/---
//! Proved callers of `run`, with contracts in the words of the languages alone.
ghost use Rattle.std.specs.Prelude.{◌≡◌, ◌≤◌, ◌++◌, None, Some, IfSome, [], ◌∷◌, codes, length};
ghost use Rattle.std.specs.Io.KnownBytes.{Appends};
ghost use Rattle.rule_table.specs.Document.{rules_answer};
ghost use Rattle.rule_table.specs.FaultText.{fault_text};
ghost use Rattle.rule_table.specs.Faults as rules;
ghost use Rattle.set_document.specs.Answer.{answer};
ghost use Rattle.set_document.specs.FaultText.{fault_line};
ghost use Rattle.set_document.specs.Faults.{first_fault, IsWellFormed};
ghost use Rattle.set_program.specs.Counts.{NotRose};
ghost use Rattle.set_program.specs.Outcome.{IsUnlessNoMemory};

use crate::arguments::Argument;
use crate::devices::{Sink, Source};
use crate::program::run;
use crate::reading::MAX_TEXT;
use crate::status::Status;
use rule_table::RuleError;
use set_document::AlgebraError;
use std::alloc::Global;

// Without words: the answer of a text of named sets, or the line of its first fault.
fn answer_sets<S: Source, K: Sink>(alloc: Global, source: &mut S, sink: &mut K) -> Status
    ensures well_formed { result ≡ Status.Done → IfSome (S.left source.old) IsWellFormed }
    ensures answer { result ≡ Status.Done → IfSome (S.left source.old) (λ text.
        Appends (K.written sink.old) (K.written sink.new) (answer text)) }
    ensures first_fault { (fault : AlgebraError) → result ≡ Status.TextFault fault
        → IfSome (S.left source.old) (λ text. first_fault text ≡ Some fault) }
    ensures fault_line { (fault : AlgebraError) → result ≡ Status.TextFault fault
        → Appends (K.written sink.old) (K.written sink.new) (fault_line fault) }
    ensures complete { IfSome (S.left source.old) (λ text. length text ≤ MAX_TEXT
        → NotRose (S.faults source.old) (S.faults source.new)
        → NotRose (K.faults sink.old) (K.faults sink.new)
        → IsWellFormed text → IsUnlessNoMemory result Status.Done) }
    ensures complete_fault { (fault : AlgebraError) → IfSome (S.left source.old) (λ text.
        length text ≤ MAX_TEXT
        → NotRose (S.faults source.old) (S.faults source.new)
        → NotRose (K.faults sink.old) (K.faults sink.new)
        → first_fault text ≡ Some fault → IsUnlessNoMemory result (Status.TextFault fault)) }
{
    run(alloc, &[], source, sink)
}

// With the word `rules`: the answer of a text of address rules, or the line of its first fault.
fn answer_rules<S: Source, K: Sink>(
    alloc: Global,
    words: &[Argument],
    source: &mut S,
    sink: &mut K,
) -> Status
    requires { words.now ≡ codes "rules" ∷ [] }
    ensures fault_free { result ≡ Status.Done
        → IfSome (S.left source.old) (λ text. rules.first_fault text ≡ None) }
    ensures answer { result ≡ Status.Done → IfSome (S.left source.old) (λ text.
        Appends (K.written sink.old) (K.written sink.new) (rules_answer text)) }
    ensures first_fault { (fault : RuleError) → result ≡ Status.RuleFault fault
        → IfSome (S.left source.old) (λ text. rules.first_fault text ≡ Some fault) }
    ensures fault_line { (fault : RuleError) → result ≡ Status.RuleFault fault
        → Appends (K.written sink.old) (K.written sink.new) (fault_text fault ++ codes "\n") }
    ensures complete { IfSome (S.left source.old) (λ text. length text ≤ MAX_TEXT
        → NotRose (S.faults source.old) (S.faults source.new)
        → NotRose (K.faults sink.old) (K.faults sink.new)
        → rules.first_fault text ≡ None → IsUnlessNoMemory result Status.Done) }
    ensures complete_fault { (fault : RuleError) → IfSome (S.left source.old) (λ text.
        length text ≤ MAX_TEXT
        → NotRose (S.faults source.old) (S.faults source.new)
        → NotRose (K.faults sink.old) (K.faults sink.new)
        → rules.first_fault text ≡ Some fault
        → IsUnlessNoMemory result (Status.RuleFault fault)) }
    ensures no_text_fault { (fault : AlgebraError) → result ≡ Status.TextFault fault → ⊥ }
{
    run(alloc, words, source, sink)
}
\---
== TASK TO CARRY OUT ==
In the entries above, find the line with "IsUnlessNoMemory result (Status.RuleFault", then retype it and every line after it exactly.

== WRITTEN RESPONSE ==
        → IsUnlessNoMemory result (Status.RuleFault fault)) }
    ensures no_text_fault { (fault : AlgebraError) → result ≡ Status.TextFault fault → ⊥ }
{
    run(alloc, words, source, sink)
}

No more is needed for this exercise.